Eric Wales, director of Soccer Shots in State College, said the clinic was a chance for children to learn to love the sport the way Mack did. Wales’ son, Ryan, 11, played with Brady on several teams.
“We think this is a great opportunity for these kids to get into soccer and learn some of the basic fundamentals,” Wales said.
Proceeds from the event and its raffles went toward the Mack Brady Soccer Fund, which will be used toward a men’s team goalkeeper scholarship and facilities. The pregame soccer clinic and a barbecue were new to the game this year.
“Dean Brady and Mack supported the soccer team so much,” said Judy Falk, mother of redshirt junior defender Randy Falk. “They were always very visible, so we wanted to honor him and keep Brady’s name alive. We thought the football team has Linebacker U, so why not have Goalkeeper U for the soccer team? We want to start a goalkeeper scholarship and fund a state of the art facility for goalkeeper training.”
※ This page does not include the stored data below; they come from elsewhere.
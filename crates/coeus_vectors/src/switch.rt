//! Keys, key sets, and key switches.

ghost use Rattle.std.specs.Prelude.{◌≡◌, length, IfOk};
ghost use Rattle.co_switch.specs.Keys.{keys_degree};

use crate::bfv::{drawn, encrypted, put_cipher};
use crate::cases::{BadCase, Case};
use crate::lines::{put, put_digest, put_pair, put_text};
use crate::noise::tested;
use crate::streams::Stand;
use co_bfv::{Cipher, Secret, sample_secret};
use co_math::{DIGIT_COUNT, FIRST_MODULUS, SECOND_MODULUS, log2_up};
use co_rns::Pair;
use co_switch::{
    GaloisKey, KeySet, Steps, apply, expansion_element, make_key, make_keys, rotation_element,
};
use co_wire::write_keys;
use rand_core::Rng;
use std::alloc::{AllocError, Global};

/// The line of a case, behind the name of its call.
pub fn line<R: Stand>(case: Case, rng: &mut R) -> Result<String, BadCase> {
    let mut line = String::new(case.alloc);
    put_call(&mut line, case, rng)?;
    put(&mut line, rng.stand() as u128)?;
    Ok(line)
}

fn put_call<R: Rng>(line: &mut String, case: Case, rng: &mut R) -> Result<(), BadCase> {
    match case.call() {
        "key" => put_key(line, case, rng),
        "switch" => put_switch(line, case, rng),
        "keys" | "elements" => put_keys(line, case, rng),
        "all_elements" => put_elements(line, case),
        _ => Err(BadCase::Unfit),
    }
}

/// The key of an element, for a secret.
fn key<R: Rng>(case: Case, secret: &Secret, rng: &mut R) -> Result<GaloisKey, BadCase> {
    let element = case.number("element");
    if element % 2 == 0 || element as usize / 2 >= secret.degree() {
        return Err(BadCase::Unfit);
    }
    Ok(make_key(case.alloc, secret, element, rng)?)
}

fn put_key<R: Rng>(line: &mut String, case: Case, rng: &mut R) -> Result<(), BadCase> {
    let secret = drawn(case, rng)?;
    let key = key(case, &secret, rng)?;
    put_pairs(case.alloc, line, &key)
}

/// The first pair of a key, and the digest of the others.
fn put_pairs(alloc: Global, line: &mut String, key: &GaloisKey) -> Result<(), BadCase> {
    put_pair(line, key.k0(0))?;
    put_pair(line, key.k1(0))?;
    let mut others = Vec::new(alloc);
    for index in 1..DIGIT_COUNT {
        spell_pair(&mut others, key.k0(index))?;
        spell_pair(&mut others, key.k1(index))?;
    }
    Ok(put_digest(alloc, line, &others)?)
}

/// Adds the bytes of a polynomial: of each coefficient the residues modulo q1 and q2, seven bytes
/// each, the low byte first.
fn spell_pair(bytes: &mut Vec<u8>, pair: &Pair) -> Result<(), AllocError> {
    for k in 0..pair.degree() {
        let coefficient = pair.compose(k);
        let first = (coefficient % FIRST_MODULUS as u128) as u64;
        let second = (coefficient % SECOND_MODULUS as u128) as u64;
        bytes.extend_from_slice(&first.to_le_bytes()[..7])?;
        bytes.extend_from_slice(&second.to_le_bytes()[..7])?;
    }
    Ok(())
}

/// The switch of an encryption, and what it opens to.
fn put_switch<R: Rng>(line: &mut String, case: Case, rng: &mut R) -> Result<(), BadCase> {
    let secret = drawn(case, rng)?;
    let switched = switched(case, &secret, rng)?;
    put_cipher(case.alloc, line, &secret, &switched)
}

fn switched<R: Rng>(case: Case, secret: &Secret, rng: &mut R) -> Result<Cipher, BadCase> {
    let cipher = encrypted(case, "message", secret, rng)?;
    let key = key(case, secret, rng)?;
    applied(case.alloc, &cipher, &key)
}

fn applied(alloc: Global, cipher: &Cipher, key: &GaloisKey) -> Result<Cipher, BadCase> {
    if cipher.degree() != key.degree() {
        return Err(BadCase::Unfit);
    }
    Ok(apply(alloc, cipher, key, &mut Steps::begin())?)
}

/// The elements of the rotation keys of a degree, and of all expansion keys that it may have.
fn put_elements(line: &mut String, case: Case) -> Result<(), BadCase> {
    let degree = case.degree()?.get();
    let last = log2_up(degree / 2);
    put_text(line, "rotations")?;
    for b in 0..last {
        put(line, rotation_element(degree, b) as u128)?;
    }
    put_text(line, "expansions")?;
    for j in 0..last + 1 {
        put(line, expansion_element(degree, j) as u128)?;
    }
    Ok(())
}

/// A secret, and keys for it and the shape of a case.
pub fn keyed<R: Rng>(case: Case, rng: &mut R) -> Result<(Secret, KeySet), BadCase>
    ensures { IfOk result (λ p. keys_degree p.1 ≡ length p.0) }
{
    let secret = sample_secret(case.alloc, case.degree()?, rng)?;
    let keys = keys(case, &secret, rng)?;
    Ok((secret, keys))
}

fn keys<R: Rng>(case: Case, secret: &Secret, rng: &mut R) -> Result<KeySet, BadCase>
    ensures { IfOk result (λ keys. keys_degree keys ≡ length secret.now) }
{
    let tested = tested(case)?;
    if secret.degree() != tested.shape().degree() as usize {
        return Err(BadCase::Unfit);
    }
    Ok(make_keys(case.alloc, &tested, secret, rng)?)
}

fn put_keys<R: Rng>(line: &mut String, case: Case, rng: &mut R) -> Result<(), BadCase> {
    let (_, keys) = keyed(case, rng)?;
    put_key_set(case.alloc, line, case.call() == "keys", &keys)
}

/// The elements of a set of keys, and the digest of its bytes where it is known.
fn put_key_set(
    alloc: Global,
    line: &mut String,
    whole: bool,
    keys: &KeySet,
) -> Result<(), BadCase> {
    put_elements_of(line, "rotations", keys.rotations())?;
    put_elements_of(line, "expansions", keys.expansions())?;
    if whole {
        put_digest(alloc, line, write_keys(alloc, keys)?.as_slice())?;
    }
    Ok(())
}

fn put_elements_of(line: &mut String, name: &str, keys: &[GaloisKey]) -> Result<(), AllocError> {
    put_text(line, name)?;
    for key in keys {
        put(line, key.element() as u128)?;
    }
    Ok(())
}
Christian Brady, Mack’s father and dean of Penn State’s Schreyer Honors College. said Mack dreamed of playing goalkeeper for Penn State, the USA and professionally.
“We would go to all the men’s and women’s games to see them play,” Brady said. “He had a lot of dreams about what he would do, and he was really dedicated. I don’t know how he would have turned out as a goalie, but he was really determined to be great.”
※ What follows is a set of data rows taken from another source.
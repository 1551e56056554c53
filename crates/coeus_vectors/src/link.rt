//! A link in memory that plays replies made by hand.

use crate::cases::{BadCase, Case};
use crate::lines::{put, put_bytes, put_text};
use crate::session::request;
use co_link::{Bytes, Dial, FailingCalls, Link, LinkFault, Reply, ScriptLink};

/// The line of a case, behind the name of its call.
pub fn line(case: Case) -> Result<String, BadCase> {
    let mut line = String::new(case.alloc);
    match case.call() {
        "plays" => put_played(&mut line, case)?,
        _ => return Err(BadCase::Unfit),
    }
    Ok(line)
}

/// What comes of the steps of a case, and how many exchanges the link then tells.
fn put_played(line: &mut String, case: Case) -> Result<(), BadCase> {
    let mut link = script(case)?;
    put_steps(line, case, &mut link)?;
    put(line, link.exchanges().len() as u128)?;
    Ok(())
}

/// A link with the replies of a case, and the calls that are to fail.
fn script(case: Case) -> Result<ScriptLink, BadCase> {
    let replies = replies(case)?;
    let calls = FailingCalls::new(case.words("fails")?);
    Ok(ScriptLink::new(case.alloc, replies, calls))
}

fn replies(case: Case) -> Result<Vec<Reply>, BadCase> {
    let mut all = Vec::new(case.alloc);
    for fields in case.list("replies")? {
        let reply = reply(Case::new(case.alloc, fields))?;
        let Ok(()) = all.push(reply) else {
            return Err(BadCase::OutOfMemory);
        };
    }
    Ok(all)
}

fn reply(case: Case) -> Result<Reply, BadCase> {
    let body = Bytes::from_vec(case.bytes("body")?);
    let status = case.text("status").parse().unwrap_or(0);
    Ok(Reply { status, body })
}

fn put_steps(line: &mut String, case: Case, link: &mut ScriptLink) -> Result<(), BadCase> {
    for fields in case.list("steps")? {
        put_step(line, Case::new(case.alloc, fields), link)?;
    }
    Ok(())
}

/// Dials, or asks.
fn put_step(line: &mut String, step: Case, link: &mut ScriptLink) -> Result<(), BadCase> {
    if step.text("target") == "dial" {
        put_dialled(line, link)
    } else {
        put_asked(line, step, link)
    }
}

fn put_dialled(line: &mut String, link: &mut ScriptLink) -> Result<(), BadCase> {
    match link.dial("localhost", 8080) {
        Ok(()) => put_text(line, "dialled")?,
        Err(LinkFault::OutOfMemory) => return Err(BadCase::OutOfMemory),
        Err(_) => put_text(line, "failed")?,
    }
    Ok(())
}

fn put_asked(line: &mut String, step: Case, link: &mut ScriptLink) -> Result<(), BadCase> {
    let request = request(step)?;
    match link.exchange(request, u64::MAX) {
        Ok(reply) => put_reply(line, step, &reply)?,
        Err(LinkFault::OutOfMemory) => return Err(BadCase::OutOfMemory),
        Err(_) => put_text(line, "failed")?,
    }
    Ok(())
}

fn put_reply(line: &mut String, step: Case, reply: &Reply) -> Result<(), BadCase> {
    put(line, reply.status as u128)?;
    Ok(put_bytes(step.alloc, line, reply.body.as_slice())?)
}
Mack’s former teammates from the State College Celtics helped coach children during the clinic.
Alex Stout, 10, recalled how good Mack was in net.
“Goalie was his favorite position,” Stout said. “He was really tall, and that’s why he was so good.”
Alex and John Cobes, 10, showed the No. 7 patches the Celtics now wear on their black and green jerseys in memory of Mack.
“We wear a patch now, because that’s his number and no one else wears No. 7,” John said. “It’s retired.”
John showed younger children, like Stella Pruss, 3, how to dribble.
“She’s having a blast,” Stella’s mother, Amanda, said. “Maybe it’s the start of something.”